**** SOURCE MATERIAL

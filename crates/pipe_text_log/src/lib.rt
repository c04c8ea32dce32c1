//! The text of the logs of a trace.
#![tactic(auto)]

mod print;

pub use print::print_logs;
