// The printing program: reads a command line and a cluster, and prints the plan or the refusal.
// It reads standard input. That a read or a write failed is told on standard error, and ends the program with status 1.
#![tactic(auto)]

ghost use Rattle.std.specs.Prelude.{◌≤◌, ◌≡◌, length, take};

use std::io::{self, Read, Write};
use std::process::ExitCode;

// One byte more than the most that is accepted: what is read is all of the input, or too long already.
const ROOM: usize = 65537;

// How many bytes were read, and the failure of the read behind them, if one failed.
#[derive(Drop)]
struct Arrived {
    size: usize,
    failure: Option<io::Error>,
}

// Reads until `input` is full, the input ends or a read fails.
fn read_input<R: Read>(reader: &mut R, input: &mut [u8]) -> Arrived
    ensures { (result.size ≤ length input.new) × (result.size ≡ length (take result.size input.new)) }
{
    let mut size = 0;
    while size < input.len() {
        match reader.read(&mut input[size..]) {
            Ok(0) => break,
            Ok(more) => size += more,
            Err(error) => {
                return Arrived {
                    size,
                    failure: Some(error),
                };
            }
        }
    }
    Arrived {
        size,
        failure: None,
    }
}

// What failed and the system's reason on standard error, as `ropeplan: the input could not be read: Is a directory`. An error's own text
// has the reason's number behind it, which is left out.
fn tell(rt: &HostRuntime, what: &str, error: io::Error) -> io::Result<ExitCode> {
    let text = format!(in rt.alloc(); "{error}")?;
    let reason = match text.find(" (os error ") {
        Some(end) => &text[..end],
        None => text.as_str(),
    };
    eprintln!(rt; "ropeplan: {what}: {reason}")?;
    Ok(ExitCode::FAILURE)
}

fn print_report(rt: &HostRuntime, input: &[u8]) -> io::Result<ExitCode> {
    let report = print::report_of(input);
    let count = report.count;
    let bytes = report.bytes;
    match rt.stdout().write_all(&bytes[..count]) {
        Ok(()) => Ok(ExitCode::SUCCESS),
        Err(error) => tell(rt, "the output could not be written", error),
    }
}

fn main(rt: HostRuntime) -> io::Result<ExitCode> {
    let mut input = [0u8; ROOM];
    let arrived = read_input(&mut rt.stdin(), &mut input);
    let size = arrived.size;
    match arrived.failure {
        Some(error) => tell(&rt, "the input could not be read", error),
        None => print_report(&rt, &input[..size]),
    }
}
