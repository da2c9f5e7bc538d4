// The query: document 01's sheet, as lines of nodes.
#![tactic(auto)]

use algebra::{Condition, Pairing};
use relation::Columns;

pub mod forms; // forms.rt: the form of a query as a value (2, 1)
pub mod nodes; // nodes.rt: the line at an index and its operands
pub mod shape; // shape.rt: where nodes start (3)

pub use nodes::preceding;

// "node count … 1–128"
pub const NODES: usize = 128;

// A node line, by the format's words; filters are the lines `eq`, `ne`, `max` and `same`.
#[derive(Clone, Copy, Debug, PartialEq, Eq)]
pub enum Node {
    Table(u32),
    Var(u32),
    Fact(u32, u32),
    Pair(Pairing),
    Filter(Condition),
    Copy(u32, u32),
    Drop(u32),
    Fix(u32),
    Mu(u32),
    Last(u32),
}

#[derive(Clone, Copy, Debug, PartialEq, Eq)]
pub struct Line {
    pub node: Node,
}

// A sheet handed in as a value. Lines past the count mean nothing.
#[derive(Clone, Copy, Debug, PartialEq, Eq)]
pub struct Query {
    pub count: usize,
    pub lines: [Line; NODES],
}

// "variables 0–15"
pub const VARIABLES: usize = 16;

// A set of recursion variables.
#[derive(Clone, Copy, Debug, PartialEq, Eq)]
pub struct Variables {
    pub has: [bool; VARIABLES],
}

// What the check tells of each node, in node order: the index of its first line, its free variables, its columns.
#[derive(Clone, Copy, Debug, PartialEq, Eq)]
pub struct Facts {
    pub start: [usize; NODES],
    pub free: [Variables; NODES],
    pub columns: [Columns; NODES],
}

// What a check tells of an accepted query: the split sheet, in which each `mu` is a fix, with the facts of its nodes.
#[derive(Clone, Copy, Debug, PartialEq, Eq)]
pub struct Checked {
    pub query: Query,
    pub facts: Facts,
}
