// The shape of a query (3): "a line takes the latest nodes not yet taken". The first line of each node, lowest node first.
ghost use Rattle.std.specs.Prelude.{◌≡◌, ℕ, ◌+◌, ◌-◌, ◌≤◌, ◌<◌, get_or};
ghost use Rattle.query.specs.Lines.{node_limit, nodes, term_of};
ghost use Rattle.query.specs.Shape.{arity, begin, shape_of};

use super::nodes::{node_at, operands};
use super::{NODES, Query};
use database::Refusal;

// Where the node of index i starts, by the starts of those before it; none where an operand is missing.
fn begin(count: usize, start: [usize; NODES], i: usize) -> Option<usize>
    requires { (i < node_limit) × ((k : ℕ) → get_or start k 0 ≤ k) }
    ensures { result ≡ begin count start i }
{
    if count == 0 {
        return Some(i);
    }
    let last = start[i.checked_sub(1)?];
    if count == 1 {
        return Some(last);
    }
    Some(start[last.checked_sub(1)?])
}

// The starts of all nodes; 3 at the first node whose operand is missing, else at the last node if several roots are left.
pub fn shape(query: Query) -> Result<[usize; NODES], Refusal>
    requires { (1 ≤ query.count) × (query.count ≤ node_limit) }
    ensures { result ≡ shape_of (term_of (nodes query)) }
{
    let mut start = [0; NODES];
    for i in 0..query.count {
        start[i] = begin(operands(node_at(query, i)), start, i).ok_or(Refusal::Operands(i + 1))?;
    }
    if start[query.count - 1] != 0 {
        return Err(Refusal::Operands(query.count));
    }
    Ok(start)
}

********

[WHAT THE TASK ASKS]: All lines above from the one holding "of recursion variables." to the one holding "pub start: [usize;", inclusive, are to be copied exactly; no other line is wanted.

[EXERCISE OUTPUT]:
// A set of recursion variables.
#[derive(Clone, Copy, Debug, PartialEq, Eq)]
pub struct Variables {
    pub has: [bool; VARIABLES],
}

// What the check tells of each node, in node order: the index of its first line, its free variables, its columns.
#[derive(Clone, Copy, Debug, PartialEq, Eq)]
pub struct Facts {
    pub start: [usize; NODES],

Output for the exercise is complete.